On the Tenth Day of Launchmas...

... I was monstrously late in posting, because any illusions I had of doing this whole thing in an orderly, professional fashion have long since been set on a fence-post and shot for target practice.

But you know what?  Apparently that's okay, because apparently, some fresh new folks on the Internet have been reading my posts and thinking that I and/or my book sound kind of fun.  I can't even tell you what a relief that is.  I'm still nervous, because not very many people have had a chance to actually sit down and read the book yet (and who knows if it'll live up to the hype?)  But this whole "putting yourself out there" thing has way more intense than I ever imagined it would be, and I am so, so happy that my firstborn word-child might actually make some friends at kindergarten.

Anyway, if you're just now joining us from further corners of the Internet, here are the relevant points:

I have a guest post up at The Author Visits today, called Book Launch Bingo: Debut Author Edition.  It's about what it sounds like - a little reflection on the emotional ups and downs of the whole putting-it-out-there process, and what goes into getting people excited about your book.  I even made a bingo card and everything! 

Also, as a reminder: The Author Visits is also hosting a giveaway for a signed copy of One Night in Sixes.  It's only got about a hundred entries so far, so if you would like to read this book for the low, low price of zero dollars, get your name in the fishbowl ASAP!


Otherwise, the map-colors are coming in nicely, and at that red-lit house at the far side of the island, Sil has found himself a high-end card game, with strange company and an irresistible wager...

The fellow produced an antique silver snap-case, such as one might employ to keep one's finer cigars.
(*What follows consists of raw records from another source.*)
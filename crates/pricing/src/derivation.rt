// How a price came about: the side that the system was on, the candidates, and the one that decided.
ghost use Rattle.std.specs.Prelude.{◌≡◌};
ghost use Rattle.pricing.specs.Prices.{price_in};

use crate::fraction::Fraction;

// Not the side that a member is on, which has other methods.
#[derive(Clone, Copy)]
pub enum Side {
    Surplus,
    Shortage,
}

// Whether the base is the mean price of what was activated, or the bid since nothing was.
#[derive(Clone, Copy)]
pub enum Origin {
    Mean,
    Bid,
}

#[derive(Clone, Copy)]
pub struct Base {
    pub origin: Origin,
    pub value: Fraction,
}

#[derive(Clone, Copy)]
pub struct Candidates {
    pub base: Base,
    // the index and its margin
    pub index: Fraction,
    // the base, scaled by an imbalance that is large
    pub scaled: Option<Fraction>,
}

// The stage of the method that gives a candidate: the base, the index, the scaled base.
#[derive(Clone, Copy)]
pub enum Stage {
    First,
    Second,
    Third,
}

#[derive(Clone, Copy)]
pub struct Candidate {
    pub stage: Stage,
    pub value: Fraction,
}

#[derive(Clone, Copy)]
pub enum Derivation {
    Balanced {
        price: i32,
    },
    Decided {
        side: Side,
        imbalance_kwh: u32,
        candidates: Candidates,
        stage: Stage,
        price: i32,
    },
}

impl Derivation {
    pub fn price(self) -> i32
        ensures { result ≡ price_in self }
    {
        match self {
            Derivation::Balanced { price } | Derivation::Decided { price, .. } => price,
        }
    }
}
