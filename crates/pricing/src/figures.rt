// The system figures of a quarter of an hour, as the transmission operator publishes them.
ghost use Rattle.std.specs.Prelude.{◌≡◌};
ghost use Rattle.pricing.specs.Limits.{offer_in_range, bid_in_range, activation_in_range, activations_in_range, both_in_range, offers_in_range, figures_in_range};

// A system imbalance beyond this is none of one quarter of an hour.
pub const IMBALANCE_LIMIT_KWH: u32 = 500_000;

// So is an activation of one kind of reserve.
pub const ACTIVATION_LIMIT_KWH: u32 = 1_000_000;

// The largest size of an index, a bid or an activation's price, in stotinki per MWh.
pub const OFFER_LIMIT: u32 = 3_000_000;

// The largest size of a price, given or worked out, in stotinki per MWh.
pub const PRICE_LIMIT: u32 = 30_000_000;

// Balancing energy that was activated, and its price in stotinki per MWh.
#[derive(Clone, Copy, PartialEq, Eq, Debug, Default)]
pub struct Activation {
    pub kwh: u32,
    pub price: i32,
}

// What was activated in one direction, by kind of reserve.
#[derive(Clone, Copy, PartialEq, Eq, Debug, Default)]
pub struct Activations {
    pub automatic: Activation,
    pub manual: Activation,
    pub replacement: Activation,
}

#[derive(Clone, Copy, PartialEq, Eq, Debug)]
pub struct SystemFigures {
    // above zero the system had a surplus, below a shortage
    pub imbalance_kwh: i32,
    pub downward: Activations,
    pub upward: Activations,
    // the best bid of the automatic reserve, for where nothing was activated
    pub downward_bid: Option<i32>,
    pub upward_bid: Option<i32>,
    // the index of intraday prices
    pub index: i32,
}

fn offer_in_range(price: i32) -> bool
    ensures { result ≡ offer_in_range price }
{
    price.unsigned_abs() <= OFFER_LIMIT
}

fn bid_in_range(bid: Option<i32>) -> bool
    ensures { result ≡ bid_in_range bid }
{
    bid.is_none_or(|price| offer_in_range(price))
}

impl Activation {
    fn in_range(&self) -> bool
        ensures { result ≡ activation_in_range self.now }
    {
        self.kwh <= ACTIVATION_LIMIT_KWH && offer_in_range(self.price)
    }
}

impl Activations {
    fn in_range(&self) -> bool
        ensures { result ≡ activations_in_range self.now }
    {
        self.automatic.in_range() && self.manual.in_range() && self.replacement.in_range()
    }
}

impl SystemFigures {
    fn offers_in_range(&self) -> bool
        ensures { result ≡ offers_in_range self.now }
    {
        bid_in_range(self.downward_bid)
            && bid_in_range(self.upward_bid)
            && offer_in_range(self.index)
    }

    fn both_in_range(&self) -> bool
        ensures { result ≡ both_in_range self.now }
    {
        self.downward.in_range() && self.upward.in_range()
    }

    pub(crate) fn in_range(&self) -> bool
        ensures { result ≡ figures_in_range self.now }
    {
        self.imbalance_kwh.unsigned_abs() <= IMBALANCE_LIMIT_KWH
            && self.both_in_range()
            && self.offers_in_range()
    }
}
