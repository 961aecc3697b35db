// The description of a quarter of an hour as text, read into system figures.
#![tactic(auto)]

mod draft;
mod entry;
mod group;
mod keyword;
mod numbers;
mod once;
mod problem;
mod reader;
mod words;

pub use draft::Quarter;
pub use group::{Group, Members};
pub use problem::{Fault, Problem};
pub use reader::read;
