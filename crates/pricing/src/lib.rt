// The price of a quarter of an hour, derived from the published system figures.
#![tactic(auto)]

mod derivation;
mod figures;
mod fraction;
mod price;
mod stages;

pub use derivation::{Base, Candidates, Derivation, Origin, Side, Stage};
pub use figures::{
    ACTIVATION_LIMIT_KWH, Activation, Activations, IMBALANCE_LIMIT_KWH, OFFER_LIMIT, PRICE_LIMIT,
    SystemFigures,
};
pub use fraction::Fraction;
pub use price::{derive, price_of};
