impl<W: BusWord, B: Bus<W>> Bank<W, B> {
    // Reads a range behind the way to the chips.
    fn read_ready(&mut self, at: u32, into: &mut [u8]) -> Reply
        requires running { (self.old).halted ≡ None }
        requires some { 0 < length into.old }
        requires within { at + length into.old ≤ size_of (self.old).found }
        ensures reads { ReadsBank W.WIDTH at self.old self.new into.new result }
        ensures length { length into.new ≡ length into.old }
        ensures wide { word_bytes (self.old).found ≡ W.WIDTH }
    {
        let size = u64::from(self.found.map.size());
        prove!(u64::from(at) + into.len() as u64 <= size);
        match read_range::<W, B>(&mut self.bus, at, into) {
            Ok(_) => Reply::Done,
            Err(_) => {
                let cause = Halted::Off { after: self.after };
                keep_halt(&mut self.halted, &mut self.erase, cause)
            }
        }
    }

    /// Reads the bytes of the bank from `at` on, 4,096 at most.
    ///
    /// - `Done`: `into` has them. There was one bus cycle for each bus word that the range meets, and up to
    ///   60 more where an erase had to be suspended or looked at.
    /// - `OutOfRange`: the bank lacks some of them. `TooLong`: they are more than 4,096.
    /// - `Busy`: the range touches a block under erase; this is the lowest.
    /// - `NotYet`: the chips work on an erase that can't be suspended.
    /// - `Halted`: an earlier call halted; or a cycle failed, or a lane that never ends its work was read
    ///   working by each poll of a suspend.
    ///
    /// After `Halted` nothing is said of the bytes in `into`; after any other reply but `Done` they are as
    /// they were.
    pub fn read(&mut self, caller: u8, at: u32, into: &mut [u8]) -> Reply
        ensures call { IsCallOf caller (Read at (length into.old)) self.old self.new result into.new }
        ensures done { result ≡ DoneReply
            → Went (words_in self.old at (length into.old)) (60 + words_in self.old at (length into.old))
            (self.old).bus (self.new).bus }
        ensures exact { (self.old).erase ≡ None → result ≡ DoneReply
            → Went (words_in self.old at (length into.old)) (words_in self.old at (length into.old))
            (self.old).bus (self.new).bus }
        ensures paused { IsPaused self.old → result ≡ DoneReply
            → Went (words_in self.old at (length into.old)) (words_in self.old at (length into.old))
            (self.old).bus (self.new).bus }
        ensures unchanged { result ≢ DoneReply → ((cause : HaltCause) → result ≢ HaltedReply cause)
            → into.new ≡ into.old }
        ensures length { length into.new ≡ length into.old }
    {
        if let Some(reply) = self.before_work(read_call(at, into.len()), false) {
            return reply;
        }
        self.read_ready(at, into)
    }

    // Programs a range, where the call can work.
    fn program_ready(&mut self, at: u32, from: &[u8]) -> Reply
        requires running { (self.old).halted ≡ None }
        requires some { 0 < length from.now }
        requires within { at + length from.now ≤ size_of (self.old).found }
        ensures { ProgramsBank at from.now self.old self.new result }
    {
        // The range ends where a u32 can say it, as the bank does.
        let size = self.size();
        prove!(u64::from(at) + from.len() as u64 <= u64::from(size));
        match program_range::<W, B>(&mut self.bus, &self.found, at, from) {
            Outcome::Skipped | Outcome::Stored => Reply::Done,
            Outcome::BrokeOff { piece, lanes } => failed::<W>(at, from.len(), piece, lanes),
            Outcome::GivenUp(halt) => {
                let cause = cause_of(halt, self.after);
                keep_halt(&mut self.halted, &mut self.erase, cause)
            }
        }
    }

    /// Programs the bytes of the bank from `at` on, 4,096 at most: each is to become old AND new.
    ///
    /// Each bus word is read first, and only what would lose a bit is programmed: with a buffer as many
    /// words at once as follow each other in one page of it and one block, else word by word.
    ///
    /// - `Done`: each byte is old AND new.
    /// - `Failed`: lanes broke off in one run of words that change. `from` up to `to` is the range's part
    ///   in it, and `lanes` are those with a weak place there that would change. In it the bytes of the other
    ///   lanes are old AND new; before it all are, and behind it none has changed.
    /// - `OutOfRange`, `TooLong`, `Busy`: as of a read.
    /// - `Locked`: the range touches a locked block; this is the lowest. Nothing was programmed.
    /// - `NotYet`: the chips work on an erase beside which they can't program.
    /// - `Halted`: an earlier call halted; or a cycle failed, or a lane that never ends its work was read
    ///   working as often as its table allows, or by each poll of a suspend. A first halt leaves bits
    ///   between old and new in the range, and any bytes in what was under erase.
    pub fn program(&mut self, caller: u8, at: u32, from: &[u8]) -> Reply
        ensures call { IsCallOf caller (Program at from.now) self.old self.new result [] }
        ensures costs { result ≡ DoneReply → (a : ArrayState) → Stands self.old a
            → Counted (words_in self.old at (length from.now))
            (change_most self.old (Program at from.now) + words_in self.old at (length from.now)
            + words_changed self.old a at from.now
            * word_most (self.old).found.query.set (program_limit self.old))
            (self.old).bus (self.new).bus }
        ensures run { (from_place to lanes : ℕ) → result ≡ FailedReply from_place to lanes
            → (a : ArrayState) → Stands self.old a → FailsInRun self.old a at from.now from_place to }
    {
        if let Some(reply) = self.before_change(program_call(at, from.len())) {
            return reply;
        }
        self.program_ready(at, from)
    }
}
Sil half expected that to be his principal offering, but all expectation crumbled as the dandy opened the case to present a multicolored array of gleaming, lustrous fine pearls.

The mother Sil had so casually mentioned to Vuchak had lived in a house of eighteen rooms, supervised a staff of sixteen to twenty, and brought to her marriage a three-hundred-acre estate... and yet she owned just one genuine white-pearl necklace. They would have buried her with it, if it hadn't been auctioned to pay the debt.


And here, now, her last-born accident of a son might very well end the night owning more than she ever had. These were jewels of every size and color — large and small, round and irregular, black and pink and blue and cream — and therein lay all the beauty of that rarest saltwater currency. There was no shaving or counterfeiting that kind of money, no tiresome scratchings or weighings needed to assure the purity of that sort of wealth, and no inflation or devaluation when Nature Herself was the master of the mint.

...
Then the dandy seated himself beside Sil with no end of pleasantness in his expression.


"Well-met, Master — Halfwick, is it? An absolute delight — call me Faro, if you like — and if I haven't said so already, it is so rare that we receive guests of both means and manners. Really, it will be a splendid evening, and I am so much looking forward to seeing these fine horses of yours..."


He smelled of pomade and lily-water and something else under all his beauty-regimen, something that had hardly sooner reached Sil's nose than set it savagely itching, prickling down his throat and into his lungs, informing him with his first stifled reach for the handkerchief that he would be gambling on two fronts with this arrangement here...


... but there was no wiggling out of it without forfeiting his place, no begging off without advertising that he was nothing but a childish amateur out of his depth, and no doubt about whether to excuse himself or how.


Indeed, the only question remaining was what it would be worth to go back to Calvert, having turned his miserable fly-biting herd into so many perfect, shining pearls.